In the present invention, the amino acid composition of the defensin used is: CYCRIPACIAGERRYGTCIYGGRLWAFCC, respectively; (SEQ ID NO. 1).
On the basis, the invention firstly carries out structural modification on the defensin, and a large number of experiments show that the defensin has better effect when modified according to the following amino acid composition:
CYCRIPACIX1GERRYGX2CIYX3GRLWAX4CC;
wherein X1 is Ala or D-Ala;
x2 is Thr or D-Thr;
x3 is Gly or D-Gly;
x4 is Phe or D-Phe;
wherein at least one of X1, X2, X3, or X4 is a D-form amino acid.

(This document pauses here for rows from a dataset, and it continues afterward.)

// Marks that grow by the rules until nothing is marked any more: which symbols may be empty, which derive a token string, which stay.
ghost use Rattle.std.specs.Prelude.{◌≡◌, Bool, true, false, ℕ, ◌<◌, length as length_of};
ghost use Rattle.written.specs.Lists.{Each};
ghost use Rattle.written.specs.Written.{MayBeEmpty};
ghost use Rattle.written.specs.Form.{written_of};
ghost use Rattle.written.specs.Refusals.{Nonterminal, Fruitful, Stays};
ghost use Rattle.translation.specs.inner.Symbols.{LowRule};
ghost use Rattle.translation.specs.inner.Marks.{most_symbols, marked, asked, MarksAre, Grown, turn, growing, firing, walk};

use crate::marks::{MOST, Marks, mark_within};
use crate::rules::{Symbols, Written, WrittenRule};

// What is asked of a right side before its left side is marked: that all its symbols are, or some.
trait Asks {
    ghost all: { Bool };

    fn passes(right: Symbols<'_>, marks: &Marks) -> bool
        ensures { result ≡ asked all (marked marks.now) right.entry };
}

struct EveryOne;

struct AnyOne;

impl Asks for EveryOne {
    ghost all = { true };

    fn passes(mut right: Symbols<'_>, marks: &Marks) -> bool {
        right.all(|x| marks[x as usize])
    }
}

impl Asks for AnyOne {
    ghost all = { false };

    fn passes(mut right: Symbols<'_>, marks: &Marks) -> bool {
        right.any(|x| marks[x as usize])
    }
}

// Whether a rule marks its left side: that is not marked yet, and the right side passes.
fn fires<A: Asks>(rule: &WrittenRule<'_>, marks: &Marks) -> bool
    ensures { result ≡ firing A.all marks.now rule.now }
{
    !marks[rule.left() as usize] && A::passes(rule.right(), marks)
}

// One walk over the rules: the left side of each that fires is marked. Whether one did.
fn grow_once<A: Asks>(written: &Written<'_>, marks: &mut Marks) -> bool
    ensures walked { turn marks.new result ≡ walk (growing A.all) (turn marks.old false) (written_of written.now).rules }
    ensures low { Each LowRule (written_of written.now).rules }
{
    let mut more = false;
    for rule in written.rules() {
        if fires::<A>(&rule, marks) {
            marks[rule.left() as usize] = true;
            more = true;
        }
    }
    more
}

// The marks, grown until no rule fires.
fn grow<A: Asks>(written: &Written<'_>, marks: &mut Marks)
    ensures { Grown A.all (written_of written.now) marks.old marks.new }
{
    while grow_once::<A>(written, marks) {}
}

// Marks the symbols that may be empty.
pub fn empties(written: &Written<'_>, marks: &mut Marks)
    ensures { MarksAre (MayBeEmpty (written_of written.now)) marks.new }
{
    *marks = [false; MOST];
    grow::<EveryOne>(written, marks);
}

// Those that derive a token string.
pub fn fruitful(written: &Written<'_>, marks: &mut Marks)
    ensures { MarksAre (Fruitful (written_of written.now)) marks.new }
{
    mark_within(marks, 0, written.tokens());
    grow::<EveryOne>(written, marks);
}

// Those that derive a nonempty one, where every symbol derives one.
pub fn staying(written: &Written<'_>, marks: &mut Marks)
    requires { (a : ℕ) → Nonterminal (written_of written.now) a → Fruitful (written_of written.now) a }
    ensures { MarksAre (Stays (written_of written.now)) marks.new }
{
    mark_within(marks, 0, written.tokens());
    grow::<AnyOne>(written, marks);
}
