// Which symbols are reachable from the start symbol.
ghost use Rattle.std.specs.Prelude.{◌≡◌, false, ◌≤◌, ◌<◌, length as length_of};
ghost use Rattle.written.specs.Lists.{Each};
ghost use Rattle.written.specs.Form.{written_of};
ghost use Rattle.written.specs.Refusals.{Reachable};
ghost use Rattle.translation.specs.inner.Symbols.{LowRule};
ghost use Rattle.translation.specs.inner.Marks.{most_symbols, MarksAre, turn, walk, marking, reaching};

use crate::marks::{MOST, Marks};
use crate::rules::{Written, WrittenRule};

// Marks the symbols on the right. Whether one was not marked yet, or `before` said so, as the specs' `marking` begins with what was marked.
fn mark_all(rule: &WrittenRule<'_>, marks: &mut Marks, before: bool) -> bool
    ensures { turn marks.new result ≡ marking (turn marks.old before) rule.now.right }
{
    let mut more = before;
    for x in rule.right() {
        let x = x as usize;
        if !marks[x] {
            marks[x] = true;
            more = true;
        }
    }
    more
}

// One walk over the rules: the symbols of each whose left side is marked are marked. Whether one was not marked yet.
fn reach_once(written: &Written<'_>, marks: &mut Marks) -> bool
    ensures walked { turn marks.new result ≡ walk reaching (turn marks.old false) (written_of written.now).rules }
    ensures low { Each LowRule (written_of written.now).rules }
{
    let mut more = false;
    for rule in written.rules() {
        if marks[rule.left() as usize] {
            more = mark_all(&rule, marks, more);
        }
    }
    more
}

// Marks the reachable symbols: from the start symbol, walk after walk, until one marks nothing.
pub fn reachable(written: &Written<'_>, marks: &mut Marks)
    ensures { MarksAre (Reachable (written_of written.now)) marks.new }
{
    *marks = [false; MOST];
    marks[written.start()] = true;
    while reach_once(written, marks) {}
}
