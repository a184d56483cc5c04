// The left sides of the file that are left to be written, and which of them a rule names.
ghost use Rattle.std.specs.Prelude.{◌≡◌, true, ◌≤◌, ◌<◌, set};
ghost use Rattle.grammar.specs.Accepted.{max_symbols, max_rules};
ghost use Rattle.grammar.specs.inner.Decoded.{rules_of as listed};
ghost use Rattle.translation.specs.inner.Marks.{marked};
ghost use Rattle.translation.specs.inner.Sides.{NamedBy, KeptNamed};

use grammar::limits::SYMBOLS;
use grammar::rules::{NONE, Rules};

// A mark for each symbol of the file.
pub type Sides = [bool; SYMBOLS];

// Whether a symbol is marked.
pub fn is_marked(marks: &Sides, a: usize) -> bool
    ensures { result ≡ marked marks.now a }
{
    a < SYMBOLS && marks[a]
}

// Marks a symbol.
fn mark(marks: &mut Sides, a: usize)
    ensures { marks.new ≡ set marks.old a true }
{
    if a < SYMBOLS {
        marks[a] = true;
    }
}

// The symbols that a rule of a left side that is left names.
pub fn named_by(rules: &Rules, left: &Sides) -> Sides
    requires { rules.now.count ≤ max_rules }
    ensures { NamedBy (listed rules.now) left.now result }
{
    let mut named = [false; SYMBOLS];
    for r in 0..rules.count {
        if rules.second(r) == NONE && is_marked(left, rules.left(r)) {
            mark(&mut named, rules.first(r));
        }
    }
    named
}

// Of what is left that is kept that is named.
pub fn keep_named(left: &mut Sides, named: &Sides)
    ensures { KeptNamed left.old named.now left.new }
{
    for a in 0..SYMBOLS {
        if !named[a] {
            left[a] = false;
        }
    }
}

The defensins can be prepared by conventional methods in the prior art such as a chemical synthesis method or a genetic engineering method.
The method for modifying the structure of the defensin can directly mix D-type amino acid in chemical synthesis; or D-amino acid is added into the culture medium in the process of gene engineering expression.
On the basis of carrying out structural modification research on the defensins, the defensins are used for preparing the facial cleanser for the first time. In one embodiment of the invention, the facial cleanser is prepared from the following raw materials:
2.0-4.0% of beeswax, 6.0-8.0% of paraffin, 0.4-0.8% of defensin, 8.0-12.0% of vaseline, 30-35% of white oil, 3.0-5.0% of lanolin alcohol, 1.5-2.5% of glyceryl monostearate, 603.0-5.0% of tween-603, 7.0-9.0% of glycerol, 1-3% of polygonatum extract, 2-4% of lithospermum extract and the balance of deionized water.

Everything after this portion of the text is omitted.